__WHAT THE TASK ASKS__. Every line containing "IsSpelled" should be copied out. Go through the entries and find them.

[Dataset entries]
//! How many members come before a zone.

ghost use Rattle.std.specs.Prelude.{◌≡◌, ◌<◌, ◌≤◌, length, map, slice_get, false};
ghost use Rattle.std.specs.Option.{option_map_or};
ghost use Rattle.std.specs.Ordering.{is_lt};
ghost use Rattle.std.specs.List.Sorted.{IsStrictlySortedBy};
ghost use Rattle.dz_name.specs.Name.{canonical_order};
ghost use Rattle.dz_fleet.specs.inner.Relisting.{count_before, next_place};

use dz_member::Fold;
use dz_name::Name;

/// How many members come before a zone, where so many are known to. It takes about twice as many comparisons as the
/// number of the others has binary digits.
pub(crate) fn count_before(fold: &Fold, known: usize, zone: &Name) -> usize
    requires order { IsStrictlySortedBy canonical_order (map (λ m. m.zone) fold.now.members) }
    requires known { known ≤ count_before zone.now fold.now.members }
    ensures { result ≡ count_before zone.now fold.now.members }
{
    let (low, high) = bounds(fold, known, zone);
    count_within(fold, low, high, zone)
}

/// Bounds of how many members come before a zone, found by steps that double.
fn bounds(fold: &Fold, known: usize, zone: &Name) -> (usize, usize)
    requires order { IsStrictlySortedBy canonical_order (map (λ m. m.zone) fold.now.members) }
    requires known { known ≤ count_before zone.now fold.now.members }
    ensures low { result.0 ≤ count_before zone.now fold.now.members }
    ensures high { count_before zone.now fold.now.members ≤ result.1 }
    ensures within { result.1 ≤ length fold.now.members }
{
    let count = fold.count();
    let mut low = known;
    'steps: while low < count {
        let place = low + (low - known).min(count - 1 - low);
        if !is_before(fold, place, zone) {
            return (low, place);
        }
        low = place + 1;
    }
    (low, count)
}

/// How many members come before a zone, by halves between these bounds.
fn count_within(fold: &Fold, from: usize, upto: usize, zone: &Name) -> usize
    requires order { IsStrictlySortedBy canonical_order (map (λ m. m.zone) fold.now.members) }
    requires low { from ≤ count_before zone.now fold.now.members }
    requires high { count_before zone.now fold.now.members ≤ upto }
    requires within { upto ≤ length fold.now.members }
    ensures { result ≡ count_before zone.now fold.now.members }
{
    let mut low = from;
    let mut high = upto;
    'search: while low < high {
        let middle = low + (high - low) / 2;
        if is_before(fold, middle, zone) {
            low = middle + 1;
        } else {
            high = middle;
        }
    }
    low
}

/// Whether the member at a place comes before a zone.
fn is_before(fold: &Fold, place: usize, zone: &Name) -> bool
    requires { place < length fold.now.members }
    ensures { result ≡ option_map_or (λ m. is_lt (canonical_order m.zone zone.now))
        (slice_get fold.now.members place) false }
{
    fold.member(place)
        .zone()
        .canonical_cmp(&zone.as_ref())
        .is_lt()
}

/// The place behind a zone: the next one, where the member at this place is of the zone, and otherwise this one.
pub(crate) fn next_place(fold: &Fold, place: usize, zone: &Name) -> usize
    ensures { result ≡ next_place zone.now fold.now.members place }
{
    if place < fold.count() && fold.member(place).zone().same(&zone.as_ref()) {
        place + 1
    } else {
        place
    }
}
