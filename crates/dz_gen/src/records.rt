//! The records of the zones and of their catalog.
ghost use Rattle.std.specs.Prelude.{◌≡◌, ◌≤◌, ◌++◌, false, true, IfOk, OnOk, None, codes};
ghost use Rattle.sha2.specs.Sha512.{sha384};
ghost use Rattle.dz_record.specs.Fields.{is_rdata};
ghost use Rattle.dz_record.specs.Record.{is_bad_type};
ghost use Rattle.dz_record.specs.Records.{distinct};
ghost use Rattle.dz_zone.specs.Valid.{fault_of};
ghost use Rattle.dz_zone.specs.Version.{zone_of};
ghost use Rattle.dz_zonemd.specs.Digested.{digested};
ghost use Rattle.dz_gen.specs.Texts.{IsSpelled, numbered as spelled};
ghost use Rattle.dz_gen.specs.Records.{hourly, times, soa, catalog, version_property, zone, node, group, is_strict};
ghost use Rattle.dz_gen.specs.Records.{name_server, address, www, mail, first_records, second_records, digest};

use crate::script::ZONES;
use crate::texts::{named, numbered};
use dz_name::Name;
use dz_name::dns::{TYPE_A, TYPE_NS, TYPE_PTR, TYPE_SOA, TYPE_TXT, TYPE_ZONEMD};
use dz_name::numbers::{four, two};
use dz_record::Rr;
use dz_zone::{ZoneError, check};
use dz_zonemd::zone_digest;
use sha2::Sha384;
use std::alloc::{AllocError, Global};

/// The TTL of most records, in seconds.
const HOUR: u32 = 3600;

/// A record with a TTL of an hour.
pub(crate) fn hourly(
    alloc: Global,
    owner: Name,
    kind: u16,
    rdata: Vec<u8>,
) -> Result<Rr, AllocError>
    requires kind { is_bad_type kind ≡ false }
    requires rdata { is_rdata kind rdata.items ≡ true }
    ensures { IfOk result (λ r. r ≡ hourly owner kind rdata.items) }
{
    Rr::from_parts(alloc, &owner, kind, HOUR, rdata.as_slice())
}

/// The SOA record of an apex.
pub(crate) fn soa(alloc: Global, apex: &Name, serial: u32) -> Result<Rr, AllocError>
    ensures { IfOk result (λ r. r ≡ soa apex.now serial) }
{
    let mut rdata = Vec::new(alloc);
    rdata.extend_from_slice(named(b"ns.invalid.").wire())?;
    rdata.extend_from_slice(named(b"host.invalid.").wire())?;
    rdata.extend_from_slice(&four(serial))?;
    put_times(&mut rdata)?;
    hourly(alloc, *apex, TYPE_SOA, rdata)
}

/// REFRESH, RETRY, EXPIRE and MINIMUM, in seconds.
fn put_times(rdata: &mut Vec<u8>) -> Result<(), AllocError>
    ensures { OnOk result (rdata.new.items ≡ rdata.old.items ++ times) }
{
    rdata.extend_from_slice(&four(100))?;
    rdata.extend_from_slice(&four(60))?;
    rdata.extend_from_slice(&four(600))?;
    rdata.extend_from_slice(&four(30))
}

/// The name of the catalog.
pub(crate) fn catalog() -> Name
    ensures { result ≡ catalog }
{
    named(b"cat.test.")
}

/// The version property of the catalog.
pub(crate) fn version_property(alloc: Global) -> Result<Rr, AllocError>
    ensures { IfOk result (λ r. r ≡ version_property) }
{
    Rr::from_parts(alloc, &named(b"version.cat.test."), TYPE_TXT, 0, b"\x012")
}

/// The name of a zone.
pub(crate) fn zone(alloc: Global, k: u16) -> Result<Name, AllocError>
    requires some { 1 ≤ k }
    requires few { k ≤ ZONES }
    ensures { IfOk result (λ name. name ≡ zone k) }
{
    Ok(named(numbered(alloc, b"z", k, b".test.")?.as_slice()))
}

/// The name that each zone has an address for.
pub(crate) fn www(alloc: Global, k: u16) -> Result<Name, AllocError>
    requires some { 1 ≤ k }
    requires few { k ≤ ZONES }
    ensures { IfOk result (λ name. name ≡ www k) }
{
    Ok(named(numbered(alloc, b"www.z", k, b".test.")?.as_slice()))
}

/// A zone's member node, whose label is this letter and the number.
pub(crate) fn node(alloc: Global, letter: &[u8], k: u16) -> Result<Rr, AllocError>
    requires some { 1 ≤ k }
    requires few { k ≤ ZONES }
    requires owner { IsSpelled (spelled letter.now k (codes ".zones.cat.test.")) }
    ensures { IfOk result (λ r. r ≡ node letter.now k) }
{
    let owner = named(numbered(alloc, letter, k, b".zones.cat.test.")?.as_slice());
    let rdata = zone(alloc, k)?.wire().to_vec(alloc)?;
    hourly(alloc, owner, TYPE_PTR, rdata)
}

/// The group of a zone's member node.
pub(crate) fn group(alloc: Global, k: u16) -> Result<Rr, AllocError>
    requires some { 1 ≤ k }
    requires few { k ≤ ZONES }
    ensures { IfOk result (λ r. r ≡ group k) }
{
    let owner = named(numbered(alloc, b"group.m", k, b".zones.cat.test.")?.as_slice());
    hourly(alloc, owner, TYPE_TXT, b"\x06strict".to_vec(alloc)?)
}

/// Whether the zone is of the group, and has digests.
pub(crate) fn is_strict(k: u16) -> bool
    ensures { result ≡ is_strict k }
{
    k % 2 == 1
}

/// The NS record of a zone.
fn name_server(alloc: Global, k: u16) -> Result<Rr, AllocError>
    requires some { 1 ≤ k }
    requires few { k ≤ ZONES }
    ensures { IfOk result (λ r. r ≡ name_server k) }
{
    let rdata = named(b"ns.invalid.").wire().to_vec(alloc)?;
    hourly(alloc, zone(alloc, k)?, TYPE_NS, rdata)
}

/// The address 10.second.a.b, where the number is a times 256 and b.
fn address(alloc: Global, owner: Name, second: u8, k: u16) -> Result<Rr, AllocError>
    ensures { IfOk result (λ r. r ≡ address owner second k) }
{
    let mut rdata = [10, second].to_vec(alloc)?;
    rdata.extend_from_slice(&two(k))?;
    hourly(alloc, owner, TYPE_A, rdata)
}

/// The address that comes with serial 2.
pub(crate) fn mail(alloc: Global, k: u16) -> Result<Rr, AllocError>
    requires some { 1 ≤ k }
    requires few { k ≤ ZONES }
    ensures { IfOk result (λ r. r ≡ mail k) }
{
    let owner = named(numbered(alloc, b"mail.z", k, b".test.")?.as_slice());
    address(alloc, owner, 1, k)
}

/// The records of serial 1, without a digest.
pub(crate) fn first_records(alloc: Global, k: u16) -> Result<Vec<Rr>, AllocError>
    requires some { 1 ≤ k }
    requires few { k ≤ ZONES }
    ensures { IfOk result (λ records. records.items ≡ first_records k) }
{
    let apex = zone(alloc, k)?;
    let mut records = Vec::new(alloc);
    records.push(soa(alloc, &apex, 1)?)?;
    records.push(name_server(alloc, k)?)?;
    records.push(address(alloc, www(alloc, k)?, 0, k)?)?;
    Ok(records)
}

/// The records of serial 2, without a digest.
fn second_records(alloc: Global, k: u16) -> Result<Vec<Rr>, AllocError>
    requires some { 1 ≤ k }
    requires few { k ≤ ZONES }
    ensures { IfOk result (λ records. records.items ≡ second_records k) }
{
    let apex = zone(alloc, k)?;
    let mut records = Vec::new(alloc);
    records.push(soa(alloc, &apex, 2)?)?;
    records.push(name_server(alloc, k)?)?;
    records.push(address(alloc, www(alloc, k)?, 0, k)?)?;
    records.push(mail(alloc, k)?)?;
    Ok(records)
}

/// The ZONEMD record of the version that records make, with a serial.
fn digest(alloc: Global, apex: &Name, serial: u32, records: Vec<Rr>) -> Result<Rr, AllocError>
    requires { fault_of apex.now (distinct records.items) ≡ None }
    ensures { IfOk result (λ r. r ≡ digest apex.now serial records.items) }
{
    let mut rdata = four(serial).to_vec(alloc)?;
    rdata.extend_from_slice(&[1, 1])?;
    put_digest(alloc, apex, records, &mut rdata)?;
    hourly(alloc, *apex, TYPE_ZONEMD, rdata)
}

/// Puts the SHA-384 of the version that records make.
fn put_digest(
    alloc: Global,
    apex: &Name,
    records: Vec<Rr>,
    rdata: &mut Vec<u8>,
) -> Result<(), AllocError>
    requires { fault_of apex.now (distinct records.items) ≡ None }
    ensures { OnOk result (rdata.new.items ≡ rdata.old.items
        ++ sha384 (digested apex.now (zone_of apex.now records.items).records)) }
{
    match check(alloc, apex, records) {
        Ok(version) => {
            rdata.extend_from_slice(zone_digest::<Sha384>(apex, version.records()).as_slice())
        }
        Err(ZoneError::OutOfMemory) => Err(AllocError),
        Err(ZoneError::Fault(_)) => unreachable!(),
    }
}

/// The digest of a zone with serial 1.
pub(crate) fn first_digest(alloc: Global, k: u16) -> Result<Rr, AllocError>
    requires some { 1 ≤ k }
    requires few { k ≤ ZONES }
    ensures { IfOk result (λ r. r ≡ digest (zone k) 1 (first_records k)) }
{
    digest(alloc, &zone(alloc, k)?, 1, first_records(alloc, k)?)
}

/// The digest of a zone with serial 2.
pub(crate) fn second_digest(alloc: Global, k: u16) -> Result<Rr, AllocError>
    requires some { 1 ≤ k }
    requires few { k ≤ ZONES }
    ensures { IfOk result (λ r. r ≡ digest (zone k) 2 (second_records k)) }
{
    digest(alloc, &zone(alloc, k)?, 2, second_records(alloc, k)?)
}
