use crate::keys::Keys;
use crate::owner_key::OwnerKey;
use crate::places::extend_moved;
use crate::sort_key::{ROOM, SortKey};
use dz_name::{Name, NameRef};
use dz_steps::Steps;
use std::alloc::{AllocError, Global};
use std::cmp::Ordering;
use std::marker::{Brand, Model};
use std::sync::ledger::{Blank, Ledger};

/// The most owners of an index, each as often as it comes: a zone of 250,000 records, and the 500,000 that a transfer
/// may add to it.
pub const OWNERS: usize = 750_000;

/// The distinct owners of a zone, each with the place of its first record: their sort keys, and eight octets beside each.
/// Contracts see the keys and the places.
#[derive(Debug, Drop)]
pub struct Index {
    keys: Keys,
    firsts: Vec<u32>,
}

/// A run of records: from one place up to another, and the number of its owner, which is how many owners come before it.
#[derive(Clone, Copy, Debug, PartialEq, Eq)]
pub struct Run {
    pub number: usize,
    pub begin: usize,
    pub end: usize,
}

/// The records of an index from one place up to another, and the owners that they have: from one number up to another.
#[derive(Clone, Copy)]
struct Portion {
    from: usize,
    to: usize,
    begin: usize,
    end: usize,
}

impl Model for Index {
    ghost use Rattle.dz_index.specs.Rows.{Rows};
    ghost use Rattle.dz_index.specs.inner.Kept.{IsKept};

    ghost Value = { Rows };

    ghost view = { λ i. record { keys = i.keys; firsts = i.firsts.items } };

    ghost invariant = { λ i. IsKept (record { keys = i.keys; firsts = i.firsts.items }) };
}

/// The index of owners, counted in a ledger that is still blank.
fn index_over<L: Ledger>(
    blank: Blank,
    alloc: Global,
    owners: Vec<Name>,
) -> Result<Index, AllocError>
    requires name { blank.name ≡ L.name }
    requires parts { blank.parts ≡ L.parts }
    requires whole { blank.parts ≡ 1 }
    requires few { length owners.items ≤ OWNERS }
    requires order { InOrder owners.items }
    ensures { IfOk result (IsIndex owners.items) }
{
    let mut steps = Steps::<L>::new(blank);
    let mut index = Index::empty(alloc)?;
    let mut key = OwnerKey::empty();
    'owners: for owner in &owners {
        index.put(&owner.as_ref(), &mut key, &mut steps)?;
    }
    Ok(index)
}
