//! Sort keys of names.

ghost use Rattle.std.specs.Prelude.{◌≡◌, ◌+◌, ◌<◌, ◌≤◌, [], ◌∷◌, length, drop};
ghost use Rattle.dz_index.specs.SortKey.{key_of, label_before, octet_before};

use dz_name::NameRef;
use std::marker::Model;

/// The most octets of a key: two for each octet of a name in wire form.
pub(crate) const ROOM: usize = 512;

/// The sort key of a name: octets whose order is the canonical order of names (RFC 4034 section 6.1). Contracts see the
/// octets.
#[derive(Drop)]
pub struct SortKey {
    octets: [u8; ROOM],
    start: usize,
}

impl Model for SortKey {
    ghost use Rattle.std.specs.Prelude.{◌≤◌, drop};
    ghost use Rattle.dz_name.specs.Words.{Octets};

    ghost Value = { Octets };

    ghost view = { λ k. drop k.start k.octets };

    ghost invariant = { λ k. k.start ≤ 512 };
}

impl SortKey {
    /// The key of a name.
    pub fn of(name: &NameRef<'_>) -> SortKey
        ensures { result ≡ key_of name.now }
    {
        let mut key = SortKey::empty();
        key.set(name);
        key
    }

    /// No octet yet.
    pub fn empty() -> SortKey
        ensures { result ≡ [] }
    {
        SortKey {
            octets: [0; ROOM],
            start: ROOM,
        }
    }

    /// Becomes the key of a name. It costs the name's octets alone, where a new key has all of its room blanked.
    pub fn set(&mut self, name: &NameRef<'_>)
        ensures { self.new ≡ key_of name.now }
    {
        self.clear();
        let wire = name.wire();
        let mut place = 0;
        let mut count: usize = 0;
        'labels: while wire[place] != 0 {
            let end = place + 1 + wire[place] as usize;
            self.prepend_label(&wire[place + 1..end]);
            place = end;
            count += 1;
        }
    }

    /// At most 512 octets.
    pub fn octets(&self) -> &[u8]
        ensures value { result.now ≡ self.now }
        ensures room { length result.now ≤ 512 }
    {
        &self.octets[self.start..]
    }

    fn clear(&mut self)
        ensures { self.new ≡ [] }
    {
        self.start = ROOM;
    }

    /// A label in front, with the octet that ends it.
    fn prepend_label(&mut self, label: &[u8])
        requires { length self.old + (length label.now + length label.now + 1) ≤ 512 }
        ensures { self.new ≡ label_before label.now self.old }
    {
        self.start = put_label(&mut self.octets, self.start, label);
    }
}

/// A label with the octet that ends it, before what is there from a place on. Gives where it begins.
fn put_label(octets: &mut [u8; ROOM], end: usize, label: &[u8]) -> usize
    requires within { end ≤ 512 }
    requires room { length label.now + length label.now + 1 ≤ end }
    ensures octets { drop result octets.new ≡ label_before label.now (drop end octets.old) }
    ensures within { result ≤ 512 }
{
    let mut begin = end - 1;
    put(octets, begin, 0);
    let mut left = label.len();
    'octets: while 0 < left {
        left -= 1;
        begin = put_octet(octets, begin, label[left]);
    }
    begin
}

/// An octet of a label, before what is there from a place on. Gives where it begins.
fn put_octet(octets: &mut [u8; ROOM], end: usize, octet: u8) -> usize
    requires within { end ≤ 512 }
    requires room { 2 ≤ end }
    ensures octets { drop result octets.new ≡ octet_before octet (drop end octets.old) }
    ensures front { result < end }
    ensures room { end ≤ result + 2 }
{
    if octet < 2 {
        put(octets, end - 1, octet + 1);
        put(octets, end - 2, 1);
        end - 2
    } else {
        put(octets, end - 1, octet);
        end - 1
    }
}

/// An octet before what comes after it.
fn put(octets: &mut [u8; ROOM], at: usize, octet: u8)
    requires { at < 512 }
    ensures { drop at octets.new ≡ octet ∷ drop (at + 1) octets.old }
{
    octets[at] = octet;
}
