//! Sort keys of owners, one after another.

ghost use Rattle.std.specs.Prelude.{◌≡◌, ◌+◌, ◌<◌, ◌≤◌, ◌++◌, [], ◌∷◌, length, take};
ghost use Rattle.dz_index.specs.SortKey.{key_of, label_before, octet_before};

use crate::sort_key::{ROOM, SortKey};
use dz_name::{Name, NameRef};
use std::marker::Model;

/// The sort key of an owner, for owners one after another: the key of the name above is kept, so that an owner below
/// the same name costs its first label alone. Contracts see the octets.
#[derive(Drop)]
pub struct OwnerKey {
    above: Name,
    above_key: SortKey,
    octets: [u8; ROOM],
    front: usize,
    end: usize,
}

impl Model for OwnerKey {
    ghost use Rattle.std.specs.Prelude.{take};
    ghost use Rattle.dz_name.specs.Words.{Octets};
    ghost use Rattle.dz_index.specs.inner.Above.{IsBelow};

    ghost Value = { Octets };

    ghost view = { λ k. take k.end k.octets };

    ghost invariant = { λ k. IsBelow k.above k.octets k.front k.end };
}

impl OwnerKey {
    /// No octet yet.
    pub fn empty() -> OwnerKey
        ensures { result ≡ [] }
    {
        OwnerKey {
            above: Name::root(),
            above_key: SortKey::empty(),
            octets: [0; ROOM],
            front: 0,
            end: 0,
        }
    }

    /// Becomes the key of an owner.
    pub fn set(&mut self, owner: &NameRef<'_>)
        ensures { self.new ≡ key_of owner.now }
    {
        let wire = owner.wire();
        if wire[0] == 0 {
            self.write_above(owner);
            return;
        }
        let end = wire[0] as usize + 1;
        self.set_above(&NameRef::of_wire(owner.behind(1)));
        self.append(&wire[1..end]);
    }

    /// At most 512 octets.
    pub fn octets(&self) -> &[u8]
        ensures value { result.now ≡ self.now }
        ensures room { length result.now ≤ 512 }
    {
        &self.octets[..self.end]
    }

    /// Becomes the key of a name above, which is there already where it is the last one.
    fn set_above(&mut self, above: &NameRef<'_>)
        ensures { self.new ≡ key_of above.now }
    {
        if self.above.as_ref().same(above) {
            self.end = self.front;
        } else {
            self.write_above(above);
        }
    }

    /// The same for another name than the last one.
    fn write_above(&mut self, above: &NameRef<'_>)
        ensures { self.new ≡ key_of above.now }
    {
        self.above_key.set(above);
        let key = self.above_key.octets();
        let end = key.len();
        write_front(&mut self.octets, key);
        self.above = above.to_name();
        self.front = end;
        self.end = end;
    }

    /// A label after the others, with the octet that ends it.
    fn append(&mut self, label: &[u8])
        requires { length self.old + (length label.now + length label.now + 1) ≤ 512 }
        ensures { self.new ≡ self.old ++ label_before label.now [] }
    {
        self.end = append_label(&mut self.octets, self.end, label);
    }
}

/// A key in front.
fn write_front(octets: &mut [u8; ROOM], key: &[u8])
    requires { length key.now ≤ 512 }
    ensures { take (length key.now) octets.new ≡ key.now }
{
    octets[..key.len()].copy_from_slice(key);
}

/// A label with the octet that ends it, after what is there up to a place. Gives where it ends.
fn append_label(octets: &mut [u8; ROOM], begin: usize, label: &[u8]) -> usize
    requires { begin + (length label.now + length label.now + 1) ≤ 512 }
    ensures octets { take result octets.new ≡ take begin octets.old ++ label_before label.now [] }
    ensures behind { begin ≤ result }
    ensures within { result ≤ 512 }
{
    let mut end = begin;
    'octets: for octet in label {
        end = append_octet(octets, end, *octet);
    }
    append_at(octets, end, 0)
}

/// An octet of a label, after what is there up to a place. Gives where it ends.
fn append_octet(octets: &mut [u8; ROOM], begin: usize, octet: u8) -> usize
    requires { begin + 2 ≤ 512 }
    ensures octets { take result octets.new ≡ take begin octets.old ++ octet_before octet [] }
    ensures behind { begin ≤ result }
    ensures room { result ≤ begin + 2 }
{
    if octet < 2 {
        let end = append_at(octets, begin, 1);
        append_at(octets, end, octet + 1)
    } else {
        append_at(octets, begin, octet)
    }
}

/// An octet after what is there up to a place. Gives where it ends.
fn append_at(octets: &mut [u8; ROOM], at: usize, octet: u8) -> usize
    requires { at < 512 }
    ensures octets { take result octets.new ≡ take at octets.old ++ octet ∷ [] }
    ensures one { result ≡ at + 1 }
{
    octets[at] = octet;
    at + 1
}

__ANSWER SPACE__.
ghost use Rattle.dz_gen.specs.Texts.{IsSpelled, numbered as spelled};
    requires owner { IsSpelled (spelled letter.now k (codes ".zones.cat.test.")) }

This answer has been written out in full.